DATA SHOWN
────
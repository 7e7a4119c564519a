//! Which catalogue knows some bytes, and where they lie in it (this project's profile).
//!
//! A fragment is what is held of bytes whose recording is looked for. A note that no other of its content equals tells:
//! where a telling note of a fragment and one of a recording are of one packet, the first votes for an offset. Where
//! most votes say, the fragment is taken to lie, and the notes that stand there are counted.
//!
//! What is proved: the answer is its definition over the two contents ([`find`], [`laws::one_match`],
//! [`laws::one_most_voted`], [`laws::shifts_are_offsets`]), and telling notes are by the fields of the notes beside
//! them ([`laws::telling_by_definition`]). If a recording without heads has all packets of a fragment at one shift, and
//! one of them tells there, the fragment is found there with all its notes ([`laws::whole_fragments_are_found`]). A
//! ranking has the first 16 of all recordings that were added, in any order ([`Ranking`],
//! [`laws::rankings_by_definition`]). That memory is there, and that a call succeeds with it, is tested.
//!
//! In which of two recordings a fragment lies best:
//!
//! ```
//! let fragment = Fragment::of(alloc, &content, 0)?;
//! let mut ranking = Ranking::new(alloc);
//! for (at, catalogue) in catalogues.iter().enumerate() {
//!     let recording = Recording::of(alloc, catalogue)?;
//!     if let Some(found) = find(alloc, &fragment, &recording)? {
//!         ranking.add(at + 1, found)?;
//!     }
//! }
//! ```
#![tactic(auto)]

mod agreeing;
mod found;
mod fragment;
pub mod laws;
mod packets;
mod ranking;
mod recording;
mod votes;

pub use found::{Match, find};
pub use fragment::Fragment;
pub use ranking::{Ranked, Ranking};
pub use recording::Recording;
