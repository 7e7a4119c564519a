//! In which recordings a fragment lies best.
ghost use Rattle.std.specs.Prelude.{◌≡◌, [], List, OnErr, OnOk};
ghost use Rattle.mxf_klv.specs.Rising.{SameMembers};
ghost use Rattle.mxf_find.specs.Rankings.{ranked, with_all, with_ranked};
ghost use Rattle.mxf_find.specs.declared.ranking.Ranked.{Ranked};

use crate::found::Match;
use mxf_klv::{OutOfMemory, sort_once};
use std::alloc::Global;
use std::cmp::Ordering;
use std::marker::Model;

/// How many recordings a ranking keeps.
const KEPT: usize = 16;

/// A recording by its number, and where a fragment lies in it. The order is by the notes that agree, the most first,
/// then by the number.
#[derive(Clone, Copy, Debug)]
pub struct Ranked {
    /// The number of the recording.
    pub recording: usize,
    pub found: Match,
}

impl PartialEq for Ranked {
    ghost use Rattle.std.specs.Ordering.{eq_by_cmp};
    ghost use Rattle.std.specs.Cmp.{partial_equiv_from_equiv};
    ghost use Rattle.mxf_find.specs.Rankings.{rank_cmp};
    ghost use Rattle.mxf_find.specs.RankOrder.{rank_equiv};

    ghost eq = { eq_by_cmp rank_cmp };

    ghost laws = { partial_equiv_from_equiv rank_equiv };

    fn eq(&self, other: &Ranked) -> bool {
        self.cmp(other) == Ordering::Equal
    }
}

impl Eq for Ranked {
    ghost use Rattle.mxf_find.specs.RankOrder.{rank_equiv};

    ghost laws = { rank_equiv };
}

impl PartialOrd for Ranked {
    ghost use Rattle.std.specs.Ordering.{as_partial_cmp};
    ghost use Rattle.std.specs.Cmp.{partial_order_from_agreeing_total};
    ghost use Rattle.std.specs.Prelude.{refl};
    ghost use Rattle.mxf_find.specs.Rankings.{rank_cmp};
    ghost use Rattle.mxf_find.specs.RankOrder.{rank_total};

    ghost partial_cmp = { as_partial_cmp rank_cmp };

    ghost laws = { partial_order_from_agreeing_total rank_cmp rank_total (λ _ _. refl) (λ _ _. refl) };

    fn partial_cmp(&self, other: &Ranked) -> Option<Ordering> {
        Some(self.cmp(other))
    }
}

impl Ord for Ranked {
    ghost use Rattle.std.specs.Prelude.{refl};
    ghost use Rattle.mxf_find.specs.Rankings.{rank_cmp};
    ghost use Rattle.mxf_find.specs.RankOrder.{rank_total};

    ghost cmp = { rank_cmp };

    ghost total = { rank_total };

    ghost matches_partial_cmp = { λ _ _. refl };

    ghost matches_eq = { λ _ _. refl };

    fn cmp(&self, other: &Ranked) -> Ordering {
        let (one, two) = (self.found, other.found);
        two.agree
            .cmp(&one.agree)
            .then(self.recording.cmp(&other.recording))
            .then(one.heads.cmp(&two.heads))
            .then(one.offset.cmp(&two.offset))
    }
}

/// The recordings in which most notes of a fragment agree, at most 16: those with more first, and of those with as many
/// the one with the lower number.
#[derive(Drop)]
pub struct Ranking {
    best: Vec<Ranked>,
}

impl Model for Ranking {
    ghost use Rattle.std.specs.Prelude.{List};
    ghost use Rattle.mxf_find.specs.declared.ranking.Ranked.{Ranked};

    ghost Value = { List Ranked };

    ghost view = { λ r. r.best.items };
}

impl Ranking {
    /// No recording. Later calls take their memory from `alloc`.
    pub fn new(alloc: Global) -> Ranking
        ensures { result ≡ [] }
    {
        Ranking {
            best: Vec::new(alloc),
        }
    }

    /// Adds a recording, if it is one of the best 16. Out of memory, the ranking is unchanged.
    pub fn add(&mut self, recording: usize, found: Match) -> Result<(), OutOfMemory>
        ensures added { OnOk result (self.new
            ≡ with_ranked (record { recording = recording; found = found }) self.old) }
        ensures err { OnErr result (self.new ≡ self.old) }
    {
        self.best.push(Ranked { recording, found })?;
        sort_once(&mut self.best);
        self.best.truncate(KEPT);
        Ok(())
    }

    /// Its recordings, the best first.
    pub fn best(&self) -> &[Ranked]
        ensures { result.now ≡ self.now }
    {
        &self.best
    }
}

/// A law of [`Ranking::add`]: after all have been added it is the first 16 of all in their order, whatever the order in
/// which they were.
pub fn rankings_by_definition()
    ensures first { (all : List Ranked) → with_all all [] ≡ ranked all }
    ensures order { (a b : List Ranked) → SameMembers a b → with_all a [] ≡ with_all b [] }
{}
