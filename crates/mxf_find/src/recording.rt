//! The content of a recording, as fragments are looked up in it.
ghost use Rattle.std.specs.Prelude.{◌≡◌, ◌&&◌, not, filter, IfNone, IfOk, IfSome, option_to_list};
ghost use Rattle.std.specs.Option.{option_copied};
ghost use Rattle.mxf_klv.specs.Rising.{In};
ghost use Rattle.mxf_find.specs.Telling.{IsNoneOf, IsOneOf, is_fill, is_sound, is_teller_by_length, is_teller_by_value};
ghost use Rattle.mxf_find.specs.Telling.{tells_in};
ghost use Rattle.mxf_find.specs.Votes.{voted_by};

use crate::packets::{ByPacket, by_packet, only_alike, only_with_front};
use mxf_catalogue::Catalogue;
use mxf_klv::{Kind, Note, OutOfMemory};
use std::alloc::Global;
use std::marker::Model;

/// By what a note tells which recording it is of.
#[derive(Clone, Copy, PartialEq, Eq)]
pub(crate) struct Tells {
    /// No other note has its key, width, length and held bytes.
    pub by_value: bool,
    /// No other note has its key, width and length.
    pub by_length: bool,
}

/// The content of a recording in which fragments are looked up, with its notes in an order in which those of equal
/// packets stand together.
#[derive(Drop)]
pub struct Recording<'a> {
    content: &'a Catalogue,
    packets: Vec<ByPacket<'a>>,
}

impl<'a> Model for Recording<'a> {
    ghost use Rattle.std.specs.Prelude.{List};
    ghost use Rattle.mxf_klv.specs.Parts.{NoteParts};
    ghost use Rattle.mxf_find.specs.Packets.{IsByPacket};

    ghost Value = { List NoteParts };

    ghost view = { λ r. r.content.now };

    ghost invariant = { λ r. IsByPacket r.content.now r.packets.items };
}

impl<'a> Recording<'a> {
    /// The recording of this content. It takes memory, and n log n of its notes.
    pub fn of(alloc: Global, content: &'a Catalogue) -> Result<Recording<'a>, OutOfMemory>
        ensures { IfOk result (λ r. r ≡ content.now) }
    {
        content.laws();
        let packets = by_packet(alloc, content)?;
        Ok(Recording { content, packets })
    }

    /// What it holds.
    pub(crate) fn content(&self) -> &'a Catalogue
        ensures { result.now ≡ self.now }
    {
        self.content
    }

    /// By what one of its notes tells: binary searches.
    pub(crate) fn tells(&self, note: &Note) -> Tells
        requires { In note.now self.now }
        ensures { result ≡ tells_in self.now note.now }
    {
        Tells {
            by_value: self.teller_by_value(note).is_some(),
            by_length: self.teller_by_length(note).is_some(),
        }
    }

    /// Its note by which a note votes, which tells by this: binary searches.
    pub(crate) fn voted(&self, note: &Note, tells: Tells) -> Option<&'a Note>
        ensures { option_to_list (option_copied result) ≡ filter (voted_by tells self.now note.now) self.now }
    {
        let _ = &self.content;
        if let Some(other) = self.voted_by_value(note, tells) {
            return Some(other);
        }
        self.voted_by_length(note, tells)
    }

    /// Its whole note by which a whole one votes.
    fn voted_by_value(&self, note: &Note, tells: Tells) -> Option<&'a Note>
        ensures some { IfSome result (λ n. IsOneOf (voted_by tells self.now note.now) self.now n.now) }
        ensures none { IfNone result
            (IsNoneOf (λ n. note.now.whole && n.whole && voted_by tells self.now note.now n) self.now) }
    {
        if note.is_head() {
            return None;
        }
        if !tells.by_value {
            return None;
        }
        self.teller_by_value(note)
    }

    /// Its note by which a note votes, of which one is a head.
    fn voted_by_length(&self, note: &Note, tells: Tells) -> Option<&'a Note>
        ensures some { IfSome result (λ n. IsOneOf (voted_by tells self.now note.now) self.now n.now) }
        ensures none { IfNone result
            (IsNoneOf (λ n. not (note.now.whole && n.whole) && voted_by tells self.now note.now n) self.now) }
    {
        if !tells.by_length {
            return None;
        }
        let other = self.teller_by_length(note)?;
        if note.is_head() || other.is_head() {
            Some(other)
        } else {
            None
        }
    }

    /// Its note that tells by value and says the same as another but for the offset.
    fn teller_by_value(&self, note: &Note) -> Option<&'a Note>
        ensures some { IfSome result (λ n. IsOneOf (is_teller_by_value self.now note.now) self.now n.now) }
        ensures none { IfNone result (IsNoneOf (is_teller_by_value self.now note.now) self.now) }
    {
        let only = only_alike(&self.packets, note)?;
        if only.is_head() {
            return None;
        }
        if self.is_sound(only) {
            Some(only)
        } else {
            None
        }
    }

    /// Its note that tells by length and has the key, width and length of another.
    fn teller_by_length(&self, note: &Note) -> Option<&'a Note>
        ensures some { IfSome result (λ n. IsOneOf (is_teller_by_length self.now note.now) self.now n.now) }
        ensures none { IfNone result (IsNoneOf (is_teller_by_length self.now note.now) self.now) }
    {
        let only = only_with_front(&self.packets, note)?;
        if self.is_sound(only) {
            Some(only)
        } else {
            None
        }
    }

    /// Whether one of its notes shares no byte with another and is no fill.
    fn is_sound(&self, note: &Note) -> bool
        requires { In note.now self.now }
        ensures { result ≡ is_sound self.now note.now }
    {
        !self.content.disputes(note) && !is_fill(note.kind())
    }
}

/// Whether packets of this kind only fill room.
fn is_fill(kind: Kind) -> bool
    ensures { result ≡ is_fill kind }
{
    matches!(&kind, Kind::Fill)
}
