//! The first packet of the essence of a partition (ST 377-1, Partition Pack).
ghost use Rattle.std.specs.Prelude.{◌≡◌, ◌↔◌, List, Some};
ghost use Rattle.mxf_klv.specs.Parts.{NoteParts};
ghost use Rattle.mxf_catalogue.specs.Content.{IsContent};
ghost use Rattle.mxf_views.specs.Partitions.{PartitionParts};
ghost use Rattle.mxf_units.specs.Limits.{IsFirstPacket};
ghost use Rattle.std.specs.Option.{option_copied};
ghost use Rattle.mxf_units.specs.EssenceZones.{behind_index, essence_at, first_packet, may_be_essence};

use mxf_klv::{Kind, MAX, Note};
use mxf_places::{Holdings, Zone, behind_metadata, zone_of};
use mxf_views::Partition;

/// Where the bytes after the header metadata and the index table segments of a partition begin, in bytes, if that is
/// known.
pub fn behind_index(holdings: &Holdings<'_>, partition: &Partition) -> Option<u128>
    ensures { result ≡ behind_index holdings.now partition.now }
{
    if partition.numbers.index_byte_count == 0 {
        return behind_metadata(holdings, partition);
    }
    zone_of(holdings, Zone::Index, partition)?.known_end()
}

/// Whether packets of the kind may be essence.
pub(crate) fn may_be_essence(kind: Kind) -> bool
    ensures { result ≡ may_be_essence kind }
{
    matches!(kind, Kind::Essence | Kind::Other)
}

/// The packet at a file offset, whole or head, if it may be essence and shares no byte with another.
fn essence_at<'a>(holdings: &Holdings<'a>, offset: u64) -> Option<&'a Note>
    ensures { option_copied result ≡ essence_at holdings.now offset }
{
    let note = holdings.views().catalogue().undisputed_at(offset)?;
    if may_be_essence(note.kind()) {
        Some(note)
    } else {
        None
    }
}

/// The first packet of the essence of a partition: the one after its header metadata and its index table segments, and
/// after the fills that follow these.
#[tactic(auto, unfolding(crate::specs::EssenceZones::first_packet))]
pub(crate) fn first_packet<'a>(holdings: &Holdings<'a>, partition: &Partition) -> Option<&'a Note>
    ensures { option_copied result ≡ first_packet holdings.now partition.now }
{
    let behind = behind_index(holdings, partition)?;
    if behind > u128::from(MAX) {
        // No packet begins there.
        holdings.views().catalogue().laws();
        return None;
    }
    essence_at(holdings, holdings.over_fills(behind as u64))
}

/// A law of [`Units::unit`](crate::Units::unit): the first packet of the essence of a partition is the one after its
/// header metadata and its index table segments, and after the fills there, that may be essence and shares no byte with
/// another.
pub fn first_packets_by_definition()
    ensures { (notes : List NoteParts) (p : PartitionParts) (n : NoteParts) → IsContent notes
        → (first_packet notes p ≡ Some n) ↔ IsFirstPacket notes p n }
{}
────
AIM OF THE TASK
Begin with the first line of the listing above and write out each line exactly, ending with the line that contains "fragment lies best.".

ANSWER SECTION
repository 7e7a4119c564519a
//! Which catalogue knows some bytes, and where they lie in it (this project's profile).
//!
//! A fragment is what is held of bytes whose recording is looked for. A note that no other of its content equals tells:
//! where a telling note of a fragment and one of a recording are of one packet, the first votes for an offset. Where
//! most votes say, the fragment is taken to lie, and the notes that stand there are counted.
//!
//! What is proved: the answer is its definition over the two contents ([`find`], [`laws::one_match`],
//! [`laws::one_most_voted`], [`laws::shifts_are_offsets`]), and telling notes are by the fields of the notes beside
//! them ([`laws::telling_by_definition`]). If a recording without heads has all packets of a fragment at one shift, and
//! one of them tells there, the fragment is found there with all its notes ([`laws::whole_fragments_are_found`]). A
//! ranking has the first 16 of all recordings that were added, in any order ([`Ranking`],
//! [`laws::rankings_by_definition`]). That memory is there, and that a call succeeds with it, is tested.
//!
//! In which of two recordings a fragment lies best:
//!
//! ```
//! let fragment = Fragment::of(alloc, &content, 0)?;
//! let mut ranking = Ranking::new(alloc);
//! for (at, catalogue) in catalogues.iter().enumerate() {
//!     let recording = Recording::of(alloc, catalogue)?;
//!     if let Some(found) = find(alloc, &fragment, &recording)? {
//!         ranking.add(at + 1, found)?;
//!     }
//! }
//! ```
#![tactic(auto)]

mod agreeing;
mod found;
mod fragment;
pub mod laws;
mod packets;
mod ranking;
mod recording;
mod votes;

pub use found::{Match, find};
pub use fragment::Fragment;
pub use ranking::{Ranked, Ranking};
pub use recording::Recording;
repository 7e7a4119c564519a
//! In which recordings a fragment lies best.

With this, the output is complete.